_Problem to work on_:
Go to the line that contains "946_684_800 ≤ at.now.work.now.moment" and transcribe from there to the end of the entries, that line and the last one included.

_Data shown_:
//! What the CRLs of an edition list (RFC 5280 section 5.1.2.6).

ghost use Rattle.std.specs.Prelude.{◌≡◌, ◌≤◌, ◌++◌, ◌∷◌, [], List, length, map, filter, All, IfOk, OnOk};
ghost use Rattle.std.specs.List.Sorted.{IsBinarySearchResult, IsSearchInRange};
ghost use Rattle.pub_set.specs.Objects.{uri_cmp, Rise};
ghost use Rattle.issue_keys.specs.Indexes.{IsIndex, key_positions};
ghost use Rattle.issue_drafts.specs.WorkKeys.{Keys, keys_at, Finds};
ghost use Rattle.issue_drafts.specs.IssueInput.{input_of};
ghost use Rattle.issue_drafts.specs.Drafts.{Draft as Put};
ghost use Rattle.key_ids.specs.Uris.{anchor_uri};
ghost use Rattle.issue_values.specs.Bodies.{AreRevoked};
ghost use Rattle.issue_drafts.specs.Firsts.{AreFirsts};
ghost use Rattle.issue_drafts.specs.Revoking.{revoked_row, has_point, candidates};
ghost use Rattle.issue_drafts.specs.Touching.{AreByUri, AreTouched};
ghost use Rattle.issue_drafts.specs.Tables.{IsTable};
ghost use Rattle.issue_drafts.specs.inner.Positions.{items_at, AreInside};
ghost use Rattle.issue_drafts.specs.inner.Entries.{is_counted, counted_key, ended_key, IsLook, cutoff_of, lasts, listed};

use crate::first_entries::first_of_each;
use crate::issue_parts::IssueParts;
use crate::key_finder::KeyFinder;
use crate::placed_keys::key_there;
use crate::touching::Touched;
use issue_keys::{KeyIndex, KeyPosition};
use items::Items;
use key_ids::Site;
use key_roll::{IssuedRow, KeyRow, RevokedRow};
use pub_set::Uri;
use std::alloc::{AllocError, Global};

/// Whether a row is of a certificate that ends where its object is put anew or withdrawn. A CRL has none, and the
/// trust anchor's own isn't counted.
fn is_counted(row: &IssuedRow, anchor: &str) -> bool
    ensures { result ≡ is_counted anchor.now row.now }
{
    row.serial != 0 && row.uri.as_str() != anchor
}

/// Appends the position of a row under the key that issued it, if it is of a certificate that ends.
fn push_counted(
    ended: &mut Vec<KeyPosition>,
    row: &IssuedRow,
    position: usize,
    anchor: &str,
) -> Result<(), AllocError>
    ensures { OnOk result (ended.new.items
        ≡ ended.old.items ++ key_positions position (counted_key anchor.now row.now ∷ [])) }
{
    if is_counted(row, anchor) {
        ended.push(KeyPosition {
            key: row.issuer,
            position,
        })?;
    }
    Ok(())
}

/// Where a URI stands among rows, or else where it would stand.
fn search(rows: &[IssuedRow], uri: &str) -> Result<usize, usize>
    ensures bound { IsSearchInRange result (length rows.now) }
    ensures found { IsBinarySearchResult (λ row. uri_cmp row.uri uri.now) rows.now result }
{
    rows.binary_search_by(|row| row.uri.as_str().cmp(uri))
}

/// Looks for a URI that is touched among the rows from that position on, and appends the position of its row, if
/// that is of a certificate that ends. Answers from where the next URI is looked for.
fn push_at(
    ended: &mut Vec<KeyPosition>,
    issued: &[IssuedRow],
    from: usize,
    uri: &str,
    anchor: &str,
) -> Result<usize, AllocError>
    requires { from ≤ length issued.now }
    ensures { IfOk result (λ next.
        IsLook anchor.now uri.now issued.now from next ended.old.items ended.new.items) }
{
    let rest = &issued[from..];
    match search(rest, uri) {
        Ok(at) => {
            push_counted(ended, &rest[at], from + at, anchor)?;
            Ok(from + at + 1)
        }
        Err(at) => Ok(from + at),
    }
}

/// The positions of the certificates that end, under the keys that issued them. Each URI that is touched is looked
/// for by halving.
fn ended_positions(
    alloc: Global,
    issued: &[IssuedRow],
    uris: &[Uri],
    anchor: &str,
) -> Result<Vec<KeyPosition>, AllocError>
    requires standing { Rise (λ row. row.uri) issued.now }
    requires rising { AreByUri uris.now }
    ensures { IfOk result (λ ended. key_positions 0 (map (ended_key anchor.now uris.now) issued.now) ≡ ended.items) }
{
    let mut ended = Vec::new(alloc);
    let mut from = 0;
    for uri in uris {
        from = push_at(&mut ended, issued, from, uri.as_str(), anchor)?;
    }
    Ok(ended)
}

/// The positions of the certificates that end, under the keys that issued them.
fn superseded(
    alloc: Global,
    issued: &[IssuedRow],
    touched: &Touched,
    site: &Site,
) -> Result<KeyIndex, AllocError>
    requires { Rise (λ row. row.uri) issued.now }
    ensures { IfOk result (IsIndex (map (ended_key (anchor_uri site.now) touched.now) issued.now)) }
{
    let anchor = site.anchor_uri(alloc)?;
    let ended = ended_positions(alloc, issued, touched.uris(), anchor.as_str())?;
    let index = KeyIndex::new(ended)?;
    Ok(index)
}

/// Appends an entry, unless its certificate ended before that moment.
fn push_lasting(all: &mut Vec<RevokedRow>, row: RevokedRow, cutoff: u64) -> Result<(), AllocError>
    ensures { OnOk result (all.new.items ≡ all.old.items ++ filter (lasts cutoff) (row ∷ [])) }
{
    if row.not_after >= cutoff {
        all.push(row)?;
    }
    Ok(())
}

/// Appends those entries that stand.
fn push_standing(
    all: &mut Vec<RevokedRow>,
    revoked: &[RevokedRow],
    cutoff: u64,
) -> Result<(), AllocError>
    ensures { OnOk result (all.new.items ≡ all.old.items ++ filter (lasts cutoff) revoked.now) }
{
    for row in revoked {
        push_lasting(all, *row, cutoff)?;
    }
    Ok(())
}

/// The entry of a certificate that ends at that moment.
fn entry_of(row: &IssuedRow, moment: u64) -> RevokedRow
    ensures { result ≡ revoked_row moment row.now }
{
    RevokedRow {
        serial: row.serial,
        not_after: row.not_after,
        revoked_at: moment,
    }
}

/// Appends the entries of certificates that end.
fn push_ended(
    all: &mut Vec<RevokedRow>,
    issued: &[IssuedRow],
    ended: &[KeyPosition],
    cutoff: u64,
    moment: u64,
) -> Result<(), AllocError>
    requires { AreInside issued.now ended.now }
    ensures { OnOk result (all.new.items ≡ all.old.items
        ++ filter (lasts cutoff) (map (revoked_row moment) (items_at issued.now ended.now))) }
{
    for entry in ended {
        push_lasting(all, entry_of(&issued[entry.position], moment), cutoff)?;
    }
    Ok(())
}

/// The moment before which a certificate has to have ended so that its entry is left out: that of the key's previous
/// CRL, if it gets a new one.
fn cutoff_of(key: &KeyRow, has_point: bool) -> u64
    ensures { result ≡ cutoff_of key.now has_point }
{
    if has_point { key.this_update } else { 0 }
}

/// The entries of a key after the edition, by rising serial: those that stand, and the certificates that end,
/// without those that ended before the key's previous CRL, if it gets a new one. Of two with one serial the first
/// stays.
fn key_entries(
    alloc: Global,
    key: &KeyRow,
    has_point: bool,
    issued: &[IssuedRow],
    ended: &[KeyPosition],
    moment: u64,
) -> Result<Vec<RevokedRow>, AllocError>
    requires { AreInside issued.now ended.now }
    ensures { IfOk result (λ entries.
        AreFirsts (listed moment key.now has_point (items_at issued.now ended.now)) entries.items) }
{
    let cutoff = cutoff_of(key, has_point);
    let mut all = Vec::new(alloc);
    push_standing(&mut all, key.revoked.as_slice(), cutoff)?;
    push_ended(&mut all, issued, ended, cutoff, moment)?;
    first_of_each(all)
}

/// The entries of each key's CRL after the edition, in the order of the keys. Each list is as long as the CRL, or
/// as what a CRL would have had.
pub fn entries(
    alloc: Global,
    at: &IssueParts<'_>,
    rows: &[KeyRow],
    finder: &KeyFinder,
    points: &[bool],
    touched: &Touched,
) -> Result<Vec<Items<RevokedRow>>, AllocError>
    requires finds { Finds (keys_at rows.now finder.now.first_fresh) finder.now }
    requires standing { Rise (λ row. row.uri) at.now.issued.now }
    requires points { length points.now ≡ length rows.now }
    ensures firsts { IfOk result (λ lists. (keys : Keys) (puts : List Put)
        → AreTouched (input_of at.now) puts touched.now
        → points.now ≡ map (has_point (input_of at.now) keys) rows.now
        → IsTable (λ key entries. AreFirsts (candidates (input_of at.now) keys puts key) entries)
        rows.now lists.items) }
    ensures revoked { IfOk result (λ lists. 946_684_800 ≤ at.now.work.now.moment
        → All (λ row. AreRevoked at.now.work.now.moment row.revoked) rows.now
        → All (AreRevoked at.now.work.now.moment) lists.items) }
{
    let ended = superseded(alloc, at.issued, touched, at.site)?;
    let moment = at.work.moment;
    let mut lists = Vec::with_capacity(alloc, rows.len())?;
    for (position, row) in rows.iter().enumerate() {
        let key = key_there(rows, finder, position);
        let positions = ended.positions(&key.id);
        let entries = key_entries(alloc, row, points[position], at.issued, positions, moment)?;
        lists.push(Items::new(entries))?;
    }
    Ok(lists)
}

_Response for this exercise_:
    ensures revoked { IfOk result (λ lists. 946_684_800 ≤ at.now.work.now.moment
        → All (λ row. AreRevoked at.now.work.now.moment row.revoked) rows.now
        → All (AreRevoked at.now.work.now.moment) lists.items) }
{
    let ended = superseded(alloc, at.issued, touched, at.site)?;
    let moment = at.work.moment;
    let mut lists = Vec::with_capacity(alloc, rows.len())?;
    for (position, row) in rows.iter().enumerate() {
        let key = key_there(rows, finder, position);
        let positions = ended.positions(&key.id);
        let entries = key_entries(alloc, row, points[position], at.issued, positions, moment)?;
        lists.push(Items::new(entries))?;
    }
    Ok(lists)
}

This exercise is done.